Start of Given records

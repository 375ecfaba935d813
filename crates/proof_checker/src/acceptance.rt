// The claim of accepted lines.
ghost use Rattle.std.specs.Prelude.{◌≡◌, ◌+◌, [], length, map, IfOk, MatchOption, None};
ghost use Rattle.std.specs.List.{All};
ghost use Rattle.literals.specs.Nogoods.{IsNogood};
ghost use Rattle.linear_normal.specs.Numbering.{numbering};
ghost use Rattle.completion.specs.Inputs.{input_nogoods};
ghost use Rattle.derivation.specs.Lists.{lits_of};
ghost use Rattle.derivation_meaning.specs.declared.claim.Claim.{Claim as ClaimValue};
ghost use Rattle.derivation_meaning.specs.Acceptance.{IsAccepted};
ghost use Rattle.derivation_meaning.specs.State as known;
ghost use Rattle.proof_checker.specs.inner.View.{entry_of, state_of};

use crate::judging::is_valid_line;
use crate::next::advance;
use crate::state::PlainState;
use crate::table::Table;
use completion::complete;
use derivation::Line;
use derivation_meaning::Claim;
use ground_model::GroundProgram;
use linear_normal::{Numbered, normalise};
use literals::Nogood;
use std::alloc::Global;
use symbols::{Listed, Memory};

// The nogoods held under the ids from 1 on.
#[tactic(auto, using(crate::proofs::NextLemmas::more_view))]
fn held_from_one(alloc: Global, input: Listed<Nogood>) -> Result<Table, Memory>
    ensures live { IfOk result (λ table. map entry_of table.live ≡ known.held_from 1 input) }
    ensures next { IfOk result (λ table. table.next ≡ 1 + length input) }
{
    let mut rest = input;
    rest.reverse();
    let mut table = Table::new(alloc);
    'fill: loop {
        match rest.pop() {
            Some(nogood) => table.add(nogood, true, false)?,
            None => return Ok(table),
        }
    }
}

// The state before the first line, where the input nogoods are held alone.
pub(crate) fn first_state(alloc: Global, input: Listed<Nogood>) -> Result<PlainState, Memory>
    ensures { IfOk result (λ state. state_of state ≡ record { next = 1 + length input; live = known.held_from 1 input; answers = []; best = None; claim = None }) }
{
    let table = held_from_one(alloc, input)?;
    Ok(PlainState {
        table,
        answers: Listed::new(alloc),
        best: None,
        claim: None,
    })
}

// The claim of these lines, where they are accepted.
fn claim_after(
    alloc: Global,
    program: &GroundProgram,
    numbered: &Numbered,
    input: Listed<Nogood>,
    lines: &[Line],
) -> Result<Option<Claim>, Memory>
    requires numbered { numbered.now ≡ numbering program.now }
    requires input { input ≡ input_nogoods program.now }
    requires literals { All (λ line. IsNogood (lits_of line)) lines.now }
    ensures { IfOk result (λ claim. MatchOption claim ((c : ClaimValue) → IsAccepted program.now lines.now c → ⊥) (λ c. IsAccepted program.now lines.now c)) }
{
    let mut state = first_state(alloc, input)?;
    for line in lines {
        if !is_valid_line(alloc, program, numbered, &state, line)? {
            return Ok(None);
        }
        advance(alloc, program, &mut state, line)?;
    }
    Ok(state.claim)
}

/// The claim of these lines, which stand behind a header, where they are accepted.
///
/// The program is numbered and its input nogoods are made; then each line takes the time of its own rule,
/// and each id of a chain one look-up by halving.
pub fn accepted_claim(
    alloc: Global,
    program: &GroundProgram,
    lines: &[Line],
) -> Result<Option<Claim>, Memory>
    requires { All (λ line. IsNogood (lits_of line)) lines.now }
    ensures { IfOk result (λ claim. MatchOption claim ((c : ClaimValue) → IsAccepted program.now lines.now c → ⊥) (λ c. IsAccepted program.now lines.now c)) }
{
    let numbered = normalise(alloc, program)?;
    let input = complete(alloc, program, &numbered)?;
    claim_after(alloc, program, &numbered, input, lines)
}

End of Given records

# Try it:
Each line in the listing above that includes "completion" is to be copied.

# Result of this task:
ghost use Rattle.completion.specs.Inputs.{input_nogoods};
use completion::complete;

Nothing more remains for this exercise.